[Opening MATERIAL FOR THIS EXERCISE section]

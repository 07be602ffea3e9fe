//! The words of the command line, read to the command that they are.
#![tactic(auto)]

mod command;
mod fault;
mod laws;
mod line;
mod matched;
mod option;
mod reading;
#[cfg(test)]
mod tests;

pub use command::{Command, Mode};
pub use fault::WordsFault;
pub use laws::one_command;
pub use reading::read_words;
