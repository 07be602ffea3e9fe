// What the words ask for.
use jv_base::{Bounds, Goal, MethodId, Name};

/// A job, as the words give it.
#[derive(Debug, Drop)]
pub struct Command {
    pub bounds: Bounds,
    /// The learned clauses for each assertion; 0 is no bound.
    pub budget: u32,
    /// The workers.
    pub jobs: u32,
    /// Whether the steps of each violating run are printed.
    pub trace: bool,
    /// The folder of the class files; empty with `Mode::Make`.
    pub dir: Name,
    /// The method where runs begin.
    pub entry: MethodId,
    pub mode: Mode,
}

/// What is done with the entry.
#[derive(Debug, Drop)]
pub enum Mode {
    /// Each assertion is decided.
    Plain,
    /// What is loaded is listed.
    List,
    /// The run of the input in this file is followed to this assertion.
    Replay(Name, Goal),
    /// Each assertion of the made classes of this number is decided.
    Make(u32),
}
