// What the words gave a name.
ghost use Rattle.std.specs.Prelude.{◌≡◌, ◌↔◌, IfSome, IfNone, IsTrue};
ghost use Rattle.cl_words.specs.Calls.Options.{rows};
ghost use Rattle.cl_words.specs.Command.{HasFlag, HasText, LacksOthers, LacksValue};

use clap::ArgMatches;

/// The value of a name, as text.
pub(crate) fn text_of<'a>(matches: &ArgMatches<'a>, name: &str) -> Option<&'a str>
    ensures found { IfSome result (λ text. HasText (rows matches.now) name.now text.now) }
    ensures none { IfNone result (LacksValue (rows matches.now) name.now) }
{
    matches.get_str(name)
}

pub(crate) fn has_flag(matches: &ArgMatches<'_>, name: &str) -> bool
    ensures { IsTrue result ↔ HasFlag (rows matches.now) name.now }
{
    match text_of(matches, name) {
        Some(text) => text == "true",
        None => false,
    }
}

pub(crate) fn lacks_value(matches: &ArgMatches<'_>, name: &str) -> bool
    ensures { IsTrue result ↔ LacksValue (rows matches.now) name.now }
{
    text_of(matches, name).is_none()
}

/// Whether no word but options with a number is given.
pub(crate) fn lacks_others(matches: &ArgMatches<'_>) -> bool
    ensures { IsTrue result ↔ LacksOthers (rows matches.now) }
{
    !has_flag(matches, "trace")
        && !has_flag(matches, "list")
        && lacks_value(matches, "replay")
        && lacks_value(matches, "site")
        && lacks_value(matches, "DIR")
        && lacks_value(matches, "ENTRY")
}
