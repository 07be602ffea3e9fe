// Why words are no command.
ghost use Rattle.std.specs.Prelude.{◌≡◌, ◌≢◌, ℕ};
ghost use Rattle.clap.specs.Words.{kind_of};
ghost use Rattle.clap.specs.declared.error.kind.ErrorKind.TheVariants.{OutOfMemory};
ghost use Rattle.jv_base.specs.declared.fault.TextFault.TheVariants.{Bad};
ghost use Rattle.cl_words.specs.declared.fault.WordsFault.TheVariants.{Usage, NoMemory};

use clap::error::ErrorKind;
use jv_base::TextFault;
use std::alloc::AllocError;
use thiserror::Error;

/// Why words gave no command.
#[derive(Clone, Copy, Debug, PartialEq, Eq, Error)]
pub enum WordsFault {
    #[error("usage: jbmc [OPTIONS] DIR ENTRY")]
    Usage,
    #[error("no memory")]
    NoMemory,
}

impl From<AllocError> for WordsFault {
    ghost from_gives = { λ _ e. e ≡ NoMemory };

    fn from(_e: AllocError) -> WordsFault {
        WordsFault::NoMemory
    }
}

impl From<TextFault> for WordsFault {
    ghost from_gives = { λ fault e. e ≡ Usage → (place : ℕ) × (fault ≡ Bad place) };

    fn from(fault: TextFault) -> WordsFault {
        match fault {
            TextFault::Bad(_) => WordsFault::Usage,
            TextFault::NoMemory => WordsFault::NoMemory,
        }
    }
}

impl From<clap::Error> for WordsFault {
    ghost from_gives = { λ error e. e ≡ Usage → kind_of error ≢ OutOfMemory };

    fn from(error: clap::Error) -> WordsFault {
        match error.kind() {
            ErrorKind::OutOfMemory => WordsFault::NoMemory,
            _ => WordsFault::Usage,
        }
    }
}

[Closing MATERIAL FOR THIS EXERCISE section]

AIM OF THE TASK -
What is needed is an exact transcription of every entry above.

RESPONSE BOX -
repository 07be602ffea3e9fe
//! The words of the command line, read to the command that they are.
#![tactic(auto)]

mod command;
mod fault;
mod laws;
mod line;
mod matched;
mod option;
mod reading;
#[cfg(test)]
mod tests;

pub use command::{Command, Mode};
pub use fault::WordsFault;
pub use laws::one_command;
pub use reading::read_words;
repository 07be602ffea3e9fe
// What the words ask for.
use jv_base::{Bounds, Goal, MethodId, Name};

/// A job, as the words give it.
#[derive(Debug, Drop)]
pub struct Command {
    pub bounds: Bounds,
    /// The learned clauses for each assertion; 0 is no bound.
    pub budget: u32,
    /// The workers.
    pub jobs: u32,
    /// Whether the steps of each violating run are printed.
    pub trace: bool,
    /// The folder of the class files; empty with `Mode::Make`.
    pub dir: Name,
    /// The method where runs begin.
    pub entry: MethodId,
    pub mode: Mode,
}

/// What is done with the entry.
#[derive(Debug, Drop)]
pub enum Mode {
    /// Each assertion is decided.
    Plain,
    /// What is loaded is listed.
    List,
    /// The run of the input in this file is followed to this assertion.
    Replay(Name, Goal),
    /// Each assertion of the made classes of this number is decided.
    Make(u32),
}
// What the words gave a name.
ghost use Rattle.std.specs.Prelude.{◌≡◌, ◌↔◌, IfSome, IfNone, IsTrue};
ghost use Rattle.cl_words.specs.Calls.Options.{rows};
ghost use Rattle.cl_words.specs.Command.{HasFlag, HasText, LacksOthers, LacksValue};

use clap::ArgMatches;

/// The value of a name, as text.
pub(crate) fn text_of<'a>(matches: &ArgMatches<'a>, name: &str) -> Option<&'a str>
    ensures found { IfSome result (λ text. HasText (rows matches.now) name.now text.now) }
    ensures none { IfNone result (LacksValue (rows matches.now) name.now) }
{
    matches.get_str(name)
}

pub(crate) fn has_flag(matches: &ArgMatches<'_>, name: &str) -> bool
    ensures { IsTrue result ↔ HasFlag (rows matches.now) name.now }
{
    match text_of(matches, name) {
        Some(text) => text == "true",
        None => false,
    }
}

pub(crate) fn lacks_value(matches: &ArgMatches<'_>, name: &str) -> bool
    ensures { IsTrue result ↔ LacksValue (rows matches.now) name.now }
{
    text_of(matches, name).is_none()
}

/// Whether no word but options with a number is given.
pub(crate) fn lacks_others(matches: &ArgMatches<'_>) -> bool
    ensures { IsTrue result ↔ LacksOthers (rows matches.now) }
{
    !has_flag(matches, "trace")
        && !has_flag(matches, "list")
        && lacks_value(matches, "replay")
        && lacks_value(matches, "site")
        && lacks_value(matches, "DIR")
        && lacks_value(matches, "ENTRY")
}
repository 07be602ffea3e9fe
// Why words are no command.
ghost use Rattle.std.specs.Prelude.{◌≡◌, ◌≢◌, ℕ};
ghost use Rattle.clap.specs.Words.{kind_of};
ghost use Rattle.clap.specs.declared.error.kind.ErrorKind.TheVariants.{OutOfMemory};
ghost use Rattle.jv_base.specs.declared.fault.TextFault.TheVariants.{Bad};
ghost use Rattle.cl_words.specs.declared.fault.WordsFault.TheVariants.{Usage, NoMemory};

use clap::error::ErrorKind;
use jv_base::TextFault;
use std::alloc::AllocError;
use thiserror::Error;

/// Why words gave no command.
#[derive(Clone, Copy, Debug, PartialEq, Eq, Error)]
pub enum WordsFault {
    #[error("usage: jbmc [OPTIONS] DIR ENTRY")]
    Usage,
    #[error("no memory")]
    NoMemory,
}

impl From<AllocError> for WordsFault {
    ghost from_gives = { λ _ e. e ≡ NoMemory };

    fn from(_e: AllocError) -> WordsFault {
        WordsFault::NoMemory
    }
}

impl From<TextFault> for WordsFault {
    ghost from_gives = { λ fault e. e ≡ Usage → (place : ℕ) × (fault ≡ Bad place) };

    fn from(fault: TextFault) -> WordsFault {
        match fault {
            TextFault::Bad(_) => WordsFault::Usage,
            TextFault::NoMemory => WordsFault::NoMemory,
        }
    }
}

impl From<clap::Error> for WordsFault {
    ghost from_gives = { λ error e. e ≡ Usage → kind_of error ≢ OutOfMemory };

    fn from(error: clap::Error) -> WordsFault {
        match error.kind() {
            ErrorKind::OutOfMemory => WordsFault::NoMemory,
            _ => WordsFault::Usage,
        }
    }
}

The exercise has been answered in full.